_Work request_
When you reach the line containing "and no walk." in the entries below, begin reproducing lines exactly, and stop once the line containing "Answers (create_refusal table" is done.

-*-*-

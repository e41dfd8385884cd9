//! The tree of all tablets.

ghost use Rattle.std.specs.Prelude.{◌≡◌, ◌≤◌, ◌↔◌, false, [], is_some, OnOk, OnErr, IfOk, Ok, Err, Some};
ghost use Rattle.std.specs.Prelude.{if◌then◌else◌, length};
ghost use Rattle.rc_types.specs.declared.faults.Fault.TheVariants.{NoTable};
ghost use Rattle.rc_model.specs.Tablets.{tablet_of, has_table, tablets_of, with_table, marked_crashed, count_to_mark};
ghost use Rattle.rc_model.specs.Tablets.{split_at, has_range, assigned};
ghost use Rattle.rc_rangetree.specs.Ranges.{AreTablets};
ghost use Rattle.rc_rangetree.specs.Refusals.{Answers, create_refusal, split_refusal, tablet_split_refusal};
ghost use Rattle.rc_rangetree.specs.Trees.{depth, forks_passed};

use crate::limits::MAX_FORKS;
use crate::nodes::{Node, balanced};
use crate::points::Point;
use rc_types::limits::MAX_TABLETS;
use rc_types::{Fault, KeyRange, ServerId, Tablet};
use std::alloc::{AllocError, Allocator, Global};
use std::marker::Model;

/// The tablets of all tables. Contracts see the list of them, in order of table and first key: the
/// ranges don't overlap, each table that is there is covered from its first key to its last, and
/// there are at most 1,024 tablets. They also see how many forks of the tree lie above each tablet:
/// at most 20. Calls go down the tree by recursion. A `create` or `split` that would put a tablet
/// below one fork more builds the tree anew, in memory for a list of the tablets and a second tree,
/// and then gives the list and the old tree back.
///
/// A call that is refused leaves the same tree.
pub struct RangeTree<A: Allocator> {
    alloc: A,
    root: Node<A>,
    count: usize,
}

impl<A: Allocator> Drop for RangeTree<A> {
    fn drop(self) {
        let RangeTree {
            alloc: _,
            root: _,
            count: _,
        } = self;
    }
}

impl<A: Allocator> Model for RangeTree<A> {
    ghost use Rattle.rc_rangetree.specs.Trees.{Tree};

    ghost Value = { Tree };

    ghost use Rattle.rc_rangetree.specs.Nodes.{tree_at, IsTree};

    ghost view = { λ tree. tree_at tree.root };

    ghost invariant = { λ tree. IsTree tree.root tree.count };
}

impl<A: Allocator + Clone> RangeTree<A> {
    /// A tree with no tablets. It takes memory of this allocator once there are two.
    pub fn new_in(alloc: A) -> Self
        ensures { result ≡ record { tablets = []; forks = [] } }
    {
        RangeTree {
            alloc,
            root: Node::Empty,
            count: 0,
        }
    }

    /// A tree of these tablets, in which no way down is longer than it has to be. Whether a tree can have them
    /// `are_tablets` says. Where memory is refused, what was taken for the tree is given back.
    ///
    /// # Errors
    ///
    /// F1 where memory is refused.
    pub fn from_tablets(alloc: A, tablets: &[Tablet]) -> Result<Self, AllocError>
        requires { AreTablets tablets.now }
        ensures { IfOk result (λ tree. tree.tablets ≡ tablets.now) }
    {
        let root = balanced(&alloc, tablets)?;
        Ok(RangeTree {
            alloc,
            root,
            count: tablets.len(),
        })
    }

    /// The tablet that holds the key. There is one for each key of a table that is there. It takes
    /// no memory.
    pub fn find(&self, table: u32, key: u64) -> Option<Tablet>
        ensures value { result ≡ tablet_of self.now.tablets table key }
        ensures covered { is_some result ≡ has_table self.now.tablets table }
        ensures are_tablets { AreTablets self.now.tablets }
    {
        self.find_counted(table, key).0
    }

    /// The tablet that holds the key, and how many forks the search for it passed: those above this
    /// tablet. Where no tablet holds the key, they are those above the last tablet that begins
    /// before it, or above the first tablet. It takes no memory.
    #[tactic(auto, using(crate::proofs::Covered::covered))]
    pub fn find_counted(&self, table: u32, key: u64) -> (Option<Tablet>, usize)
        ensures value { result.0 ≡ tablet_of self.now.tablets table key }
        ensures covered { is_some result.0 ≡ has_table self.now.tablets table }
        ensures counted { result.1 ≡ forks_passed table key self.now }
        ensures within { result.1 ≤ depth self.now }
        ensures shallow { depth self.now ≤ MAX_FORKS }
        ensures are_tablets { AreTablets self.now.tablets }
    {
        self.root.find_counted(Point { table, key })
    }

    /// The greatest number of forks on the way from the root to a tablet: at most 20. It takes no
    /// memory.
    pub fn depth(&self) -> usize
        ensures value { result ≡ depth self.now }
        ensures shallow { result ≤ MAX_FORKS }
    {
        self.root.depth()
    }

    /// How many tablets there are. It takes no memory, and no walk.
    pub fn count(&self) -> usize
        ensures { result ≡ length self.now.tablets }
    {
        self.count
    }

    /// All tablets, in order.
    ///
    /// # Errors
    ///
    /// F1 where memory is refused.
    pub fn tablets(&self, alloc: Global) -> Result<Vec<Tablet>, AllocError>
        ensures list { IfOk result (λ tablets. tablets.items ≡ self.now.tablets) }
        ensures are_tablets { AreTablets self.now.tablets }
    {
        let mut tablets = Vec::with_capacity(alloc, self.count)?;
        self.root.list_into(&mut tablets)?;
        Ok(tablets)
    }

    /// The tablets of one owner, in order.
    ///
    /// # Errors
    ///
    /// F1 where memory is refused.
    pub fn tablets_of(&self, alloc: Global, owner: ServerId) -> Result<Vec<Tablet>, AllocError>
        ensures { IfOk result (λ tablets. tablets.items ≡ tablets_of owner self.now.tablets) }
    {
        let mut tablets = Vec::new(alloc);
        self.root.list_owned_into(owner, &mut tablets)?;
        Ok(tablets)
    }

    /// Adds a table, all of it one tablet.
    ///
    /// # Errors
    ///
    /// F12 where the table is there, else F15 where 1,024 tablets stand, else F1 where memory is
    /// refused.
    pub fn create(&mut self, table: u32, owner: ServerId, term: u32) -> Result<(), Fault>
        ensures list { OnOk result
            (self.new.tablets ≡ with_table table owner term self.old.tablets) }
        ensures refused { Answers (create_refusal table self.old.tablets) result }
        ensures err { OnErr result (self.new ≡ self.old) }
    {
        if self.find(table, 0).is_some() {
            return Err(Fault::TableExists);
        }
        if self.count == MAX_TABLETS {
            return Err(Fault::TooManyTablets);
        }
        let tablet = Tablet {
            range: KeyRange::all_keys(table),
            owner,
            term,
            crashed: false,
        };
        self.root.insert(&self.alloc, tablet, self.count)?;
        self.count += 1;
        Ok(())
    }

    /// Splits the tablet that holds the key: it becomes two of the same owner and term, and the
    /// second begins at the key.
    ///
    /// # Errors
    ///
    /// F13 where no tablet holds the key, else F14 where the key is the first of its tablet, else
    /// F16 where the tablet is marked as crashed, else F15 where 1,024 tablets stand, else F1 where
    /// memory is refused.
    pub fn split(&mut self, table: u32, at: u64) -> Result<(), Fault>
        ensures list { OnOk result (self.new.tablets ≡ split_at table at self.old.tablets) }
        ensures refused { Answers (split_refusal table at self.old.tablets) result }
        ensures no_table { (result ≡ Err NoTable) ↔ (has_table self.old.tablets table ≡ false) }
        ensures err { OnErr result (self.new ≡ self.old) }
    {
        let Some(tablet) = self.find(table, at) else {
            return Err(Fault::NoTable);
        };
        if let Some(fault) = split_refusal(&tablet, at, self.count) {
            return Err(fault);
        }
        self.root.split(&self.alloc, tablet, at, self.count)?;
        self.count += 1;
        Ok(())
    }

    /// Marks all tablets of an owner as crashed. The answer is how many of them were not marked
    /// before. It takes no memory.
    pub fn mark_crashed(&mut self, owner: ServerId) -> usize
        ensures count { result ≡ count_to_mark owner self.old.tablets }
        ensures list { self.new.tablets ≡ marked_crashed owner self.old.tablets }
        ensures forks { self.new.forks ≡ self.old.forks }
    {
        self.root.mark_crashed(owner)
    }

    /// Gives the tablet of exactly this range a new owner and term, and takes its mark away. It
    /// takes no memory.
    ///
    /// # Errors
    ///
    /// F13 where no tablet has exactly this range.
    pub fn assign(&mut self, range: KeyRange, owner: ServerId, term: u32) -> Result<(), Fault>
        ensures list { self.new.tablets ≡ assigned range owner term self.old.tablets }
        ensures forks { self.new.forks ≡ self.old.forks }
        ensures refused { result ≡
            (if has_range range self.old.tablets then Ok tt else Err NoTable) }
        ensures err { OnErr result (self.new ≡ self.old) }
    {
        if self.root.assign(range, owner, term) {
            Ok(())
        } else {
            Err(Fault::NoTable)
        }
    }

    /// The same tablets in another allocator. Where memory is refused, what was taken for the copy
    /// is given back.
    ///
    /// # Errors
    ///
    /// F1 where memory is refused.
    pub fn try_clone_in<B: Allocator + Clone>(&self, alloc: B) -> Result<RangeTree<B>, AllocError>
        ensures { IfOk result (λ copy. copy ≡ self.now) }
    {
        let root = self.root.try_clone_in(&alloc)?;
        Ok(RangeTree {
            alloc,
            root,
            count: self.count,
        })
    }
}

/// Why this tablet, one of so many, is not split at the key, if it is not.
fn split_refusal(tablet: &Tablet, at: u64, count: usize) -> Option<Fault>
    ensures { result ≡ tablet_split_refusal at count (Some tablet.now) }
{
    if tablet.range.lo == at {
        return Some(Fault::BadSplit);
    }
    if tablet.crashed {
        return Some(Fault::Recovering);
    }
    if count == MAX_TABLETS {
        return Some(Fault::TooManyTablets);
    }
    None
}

-*-*-

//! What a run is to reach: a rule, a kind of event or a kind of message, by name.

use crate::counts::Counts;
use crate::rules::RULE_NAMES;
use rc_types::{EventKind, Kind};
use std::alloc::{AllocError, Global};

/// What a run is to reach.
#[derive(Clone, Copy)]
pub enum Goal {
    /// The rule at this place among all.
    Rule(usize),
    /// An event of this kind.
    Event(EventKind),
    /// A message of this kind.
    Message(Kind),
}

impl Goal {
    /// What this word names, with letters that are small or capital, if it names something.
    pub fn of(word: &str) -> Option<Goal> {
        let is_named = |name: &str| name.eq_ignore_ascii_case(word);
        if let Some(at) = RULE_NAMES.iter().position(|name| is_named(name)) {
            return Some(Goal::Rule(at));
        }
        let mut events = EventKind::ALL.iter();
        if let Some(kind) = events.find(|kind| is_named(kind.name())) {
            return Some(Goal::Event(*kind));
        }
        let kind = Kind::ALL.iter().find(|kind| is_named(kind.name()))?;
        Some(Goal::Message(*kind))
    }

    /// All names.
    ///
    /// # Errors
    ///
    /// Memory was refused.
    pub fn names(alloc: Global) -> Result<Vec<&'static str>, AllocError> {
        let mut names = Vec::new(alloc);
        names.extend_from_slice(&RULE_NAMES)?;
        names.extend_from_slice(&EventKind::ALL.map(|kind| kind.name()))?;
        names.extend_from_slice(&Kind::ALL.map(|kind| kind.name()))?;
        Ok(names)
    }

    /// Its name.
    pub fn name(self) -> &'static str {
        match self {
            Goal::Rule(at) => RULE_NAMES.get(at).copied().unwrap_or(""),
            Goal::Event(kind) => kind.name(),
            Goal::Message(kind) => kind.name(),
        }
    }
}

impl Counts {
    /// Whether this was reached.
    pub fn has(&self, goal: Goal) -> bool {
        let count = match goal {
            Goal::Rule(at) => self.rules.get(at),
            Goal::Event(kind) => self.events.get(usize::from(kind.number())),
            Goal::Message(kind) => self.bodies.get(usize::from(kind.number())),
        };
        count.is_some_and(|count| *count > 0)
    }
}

-*-*-

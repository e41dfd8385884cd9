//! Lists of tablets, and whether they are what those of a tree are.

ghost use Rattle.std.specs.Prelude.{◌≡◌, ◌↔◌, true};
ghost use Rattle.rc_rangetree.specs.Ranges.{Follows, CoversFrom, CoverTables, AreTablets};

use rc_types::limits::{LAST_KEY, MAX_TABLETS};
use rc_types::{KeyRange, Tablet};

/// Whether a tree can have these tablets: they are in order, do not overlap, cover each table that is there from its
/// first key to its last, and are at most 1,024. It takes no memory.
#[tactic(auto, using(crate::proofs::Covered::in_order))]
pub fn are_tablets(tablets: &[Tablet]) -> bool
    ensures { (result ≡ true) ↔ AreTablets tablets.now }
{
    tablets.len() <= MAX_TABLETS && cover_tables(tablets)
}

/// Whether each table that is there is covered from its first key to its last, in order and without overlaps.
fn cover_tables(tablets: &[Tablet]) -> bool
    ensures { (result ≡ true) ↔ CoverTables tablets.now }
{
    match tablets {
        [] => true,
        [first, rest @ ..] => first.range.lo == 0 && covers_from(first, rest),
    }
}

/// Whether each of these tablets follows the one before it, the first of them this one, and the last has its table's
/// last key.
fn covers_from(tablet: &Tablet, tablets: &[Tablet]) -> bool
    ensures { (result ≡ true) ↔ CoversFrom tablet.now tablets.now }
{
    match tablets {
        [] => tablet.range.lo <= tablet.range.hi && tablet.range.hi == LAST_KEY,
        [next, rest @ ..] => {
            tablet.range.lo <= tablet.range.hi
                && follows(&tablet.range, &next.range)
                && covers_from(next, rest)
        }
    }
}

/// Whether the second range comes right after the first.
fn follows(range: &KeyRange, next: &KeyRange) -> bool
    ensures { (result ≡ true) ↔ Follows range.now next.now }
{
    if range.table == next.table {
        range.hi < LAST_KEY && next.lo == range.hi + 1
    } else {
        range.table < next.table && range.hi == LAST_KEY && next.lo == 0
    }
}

-*-*-

_Solution to this exercise_
    /// How many tablets there are. It takes no memory, and no walk.
    pub fn count(&self) -> usize
        ensures { result ≡ length self.now.tablets }
    {
        self.count
    }

    /// All tablets, in order.
    ///
    /// # Errors
    ///
    /// F1 where memory is refused.
    pub fn tablets(&self, alloc: Global) -> Result<Vec<Tablet>, AllocError>
        ensures list { IfOk result (λ tablets. tablets.items ≡ self.now.tablets) }
        ensures are_tablets { AreTablets self.now.tablets }
    {
        let mut tablets = Vec::with_capacity(alloc, self.count)?;
        self.root.list_into(&mut tablets)?;
        Ok(tablets)
    }

    /// The tablets of one owner, in order.
    ///
    /// # Errors
    ///
    /// F1 where memory is refused.
    pub fn tablets_of(&self, alloc: Global, owner: ServerId) -> Result<Vec<Tablet>, AllocError>
        ensures { IfOk result (λ tablets. tablets.items ≡ tablets_of owner self.now.tablets) }
    {
        let mut tablets = Vec::new(alloc);
        self.root.list_owned_into(owner, &mut tablets)?;
        Ok(tablets)
    }

    /// Adds a table, all of it one tablet.
    ///
    /// # Errors
    ///
    /// F12 where the table is there, else F15 where 1,024 tablets stand, else F1 where memory is
    /// refused.
    pub fn create(&mut self, table: u32, owner: ServerId, term: u32) -> Result<(), Fault>
        ensures list { OnOk result
            (self.new.tablets ≡ with_table table owner term self.old.tablets) }
        ensures refused { Answers (create_refusal table self.old.tablets) result }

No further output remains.